■ Information provided:
* * *
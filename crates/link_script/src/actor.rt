//! One peer as it acts.
ghost use Rattle.std.specs.Prelude.{◌≡◌, ◌≤◌, ◌<◌, ◌+◌, ◌-◌, ◌^◌, ◌==◌, ℕ, Bool, drop, true, false, not, Some, length, take, min, IfOk, [], ◌∷◌, ◌++◌, if◌then◌else◌};
ghost use Rattle.std.specs.List.{position};
ghost use Rattle.chip_sheet.specs.LinkAnswers.{Done};
ghost use Rattle.chip_sheet.specs.Windows.{most_read};
ghost use Rattle.link_trait.specs.Calls.{writing, reading, sending, receiving, shutting, WriteFits, ReadFits, ReceiveFits};
ghost use Rattle.link_script.specs.Acting.{begun, asked, keeps_waiting, is_owing, lowered, is_move, puts_off, read_from, receive_from, left_by, is_serving, is_udp, is_void, front, part, moved, moved_to, countable, counted, fails, counted_answer, counted_after, write_answer, write_after, send_answer, send_after, read_answer, read_after, receive_answer, is_ready, takes_of, takes_whole, entry, used_after, has_ended, fed, faults_of, is_willing, room_left, within, allows, read_of, chunk_at};
ghost use Rattle.link_script.specs.Play.{suits, is_wanted, same_address};
ghost use Rattle.link_script.specs.Start.{start_of};

use crate::peer::{Chunk, Connects, Peer, PeerKind};
use crate::wanted::Wanted;
use link_trait::{Addr, ConnId, Reading, Receiving, Sending, Shutting, Writing};
use std::alloc::{AllocError, Global};
use std::marker::Model;

/// The most bytes of a datagram.
pub const MOST_BYTES: usize = 1472;

/// The most datagrams that a peer takes.
pub const MOST_DATAGRAMS: usize = 1024;

/// The most bytes that the answer of a read can count.
pub const MOST_COUNTED: usize = 4_294_967_295;

/// A peer with its script, and how far it is.
#[derive(Drop)]
pub struct Actor {
    /// The script.
    peer: Peer,
    /// The connection that it met.
    conn: Option<ConnId>,
    /// Whether that connection's bytes are told.
    tells: bool,
    /// Whether that connection is made and not dropped.
    made: bool,
    /// How many calls were made on it.
    calls: u64,
    /// How many entries of `takes` are used.
    used: usize,
    /// What it was given.
    given: Vec<u8>,
    /// Where the datagrams among it went.
    dests: Vec<Addr>,
    /// How many chunks are read or passed over.
    next: usize,
    /// How many bytes of the next chunk are read.
    at: usize,
    /// How many times it still answers NotYet before its next move.
    owes: u16,
    /// How many bytes were read in all.
    heard: u64,
}

impl Model for Actor {
    ghost use Rattle.link_script.specs.Acting.{Acting};

    ghost Value = { Acting };

    ghost use Rattle.link_script.specs.Kept.{acting_of, IsSound};

    ghost view = { acting_of };

    ghost invariant = { IsSound };
}

/// Where reading stands.
#[derive(Clone, Copy)]
struct Place {
    /// How many chunks are read or passed over.
    next: usize,
    /// How many bytes of the next chunk are read.
    at: usize,
    /// How many times it still answers NotYet before its next move.
    owes: u16,
    /// How many bytes were read in all.
    heard: u64,
}

/// Whether a chunk counts as read at once.
fn is_void(kind: PeerKind, chunk: &Chunk) -> bool
    ensures { result ≡ is_void kind chunk.now }
{
    match kind {
        PeerKind::Udp => chunk.bytes.len() > MOST_BYTES,
        _ => chunk.bytes.is_empty(),
    }
}

/// Whether a peer serves the connection that it meets: a server may refuse, or never answer.
fn is_willing(peer: &Peer) -> bool
    ensures { result ≡ is_willing peer.now }
{
    match peer.kind {
        PeerKind::Server => matches!(peer.connect, Connects::Fine),
        _ => true,
    }
}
* * *
■ Problem to work on: The whole of the material above should be written out again, exactly.

■ Final answer:
filename crates/link_script/src/actor.rt
//! One peer as it acts.
ghost use Rattle.std.specs.Prelude.{◌≡◌, ◌≤◌, ◌<◌, ◌+◌, ◌-◌, ◌^◌, ◌==◌, ℕ, Bool, drop, true, false, not, Some, length, take, min, IfOk, [], ◌∷◌, ◌++◌, if◌then◌else◌};
ghost use Rattle.std.specs.List.{position};
ghost use Rattle.chip_sheet.specs.LinkAnswers.{Done};
ghost use Rattle.chip_sheet.specs.Windows.{most_read};
ghost use Rattle.link_trait.specs.Calls.{writing, reading, sending, receiving, shutting, WriteFits, ReadFits, ReceiveFits};
ghost use Rattle.link_script.specs.Acting.{begun, asked, keeps_waiting, is_owing, lowered, is_move, puts_off, read_from, receive_from, left_by, is_serving, is_udp, is_void, front, part, moved, moved_to, countable, counted, fails, counted_answer, counted_after, write_answer, write_after, send_answer, send_after, read_answer, read_after, receive_answer, is_ready, takes_of, takes_whole, entry, used_after, has_ended, fed, faults_of, is_willing, room_left, within, allows, read_of, chunk_at};
ghost use Rattle.link_script.specs.Play.{suits, is_wanted, same_address};
ghost use Rattle.link_script.specs.Start.{start_of};

use crate::peer::{Chunk, Connects, Peer, PeerKind};
use crate::wanted::Wanted;
use link_trait::{Addr, ConnId, Reading, Receiving, Sending, Shutting, Writing};
use std::alloc::{AllocError, Global};
use std::marker::Model;

/// The most bytes of a datagram.
pub const MOST_BYTES: usize = 1472;

/// The most datagrams that a peer takes.
pub const MOST_DATAGRAMS: usize = 1024;

/// The most bytes that the answer of a read can count.
pub const MOST_COUNTED: usize = 4_294_967_295;

/// A peer with its script, and how far it is.
#[derive(Drop)]
pub struct Actor {
    /// The script.
    peer: Peer,
    /// The connection that it met.
    conn: Option<ConnId>,
    /// Whether that connection's bytes are told.
    tells: bool,
    /// Whether that connection is made and not dropped.
    made: bool,
    /// How many calls were made on it.
    calls: u64,
    /// How many entries of `takes` are used.
    used: usize,
    /// What it was given.
    given: Vec<u8>,
    /// Where the datagrams among it went.
    dests: Vec<Addr>,
    /// How many chunks are read or passed over.
    next: usize,
    /// How many bytes of the next chunk are read.
    at: usize,
    /// How many times it still answers NotYet before its next move.
    owes: u16,
    /// How many bytes were read in all.
    heard: u64,
}

impl Model for Actor {
    ghost use Rattle.link_script.specs.Acting.{Acting};

    ghost Value = { Acting };

    ghost use Rattle.link_script.specs.Kept.{acting_of, IsSound};

    ghost view = { acting_of };

    ghost invariant = { IsSound };
}

/// Where reading stands.
#[derive(Clone, Copy)]
struct Place {
    /// How many chunks are read or passed over.
    next: usize,
    /// How many bytes of the next chunk are read.
    at: usize,
    /// How many times it still answers NotYet before its next move.
    owes: u16,
    /// How many bytes were read in all.
    heard: u64,
}

/// Whether a chunk counts as read at once.
fn is_void(kind: PeerKind, chunk: &Chunk) -> bool
    ensures { result ≡ is_void kind chunk.now }
{
    match kind {
        PeerKind::Udp => chunk.bytes.len() > MOST_BYTES,
        _ => chunk.bytes.is_empty(),
    }
}

/// Whether a peer serves the connection that it meets: a server may refuse, or never answer.
fn is_willing(peer: &Peer) -> bool
    ensures { result ≡ is_willing peer.now }
{
    match peer.kind {
        PeerKind::Server => matches!(peer.connect, Connects::Fine),
        _ => true,
    }
}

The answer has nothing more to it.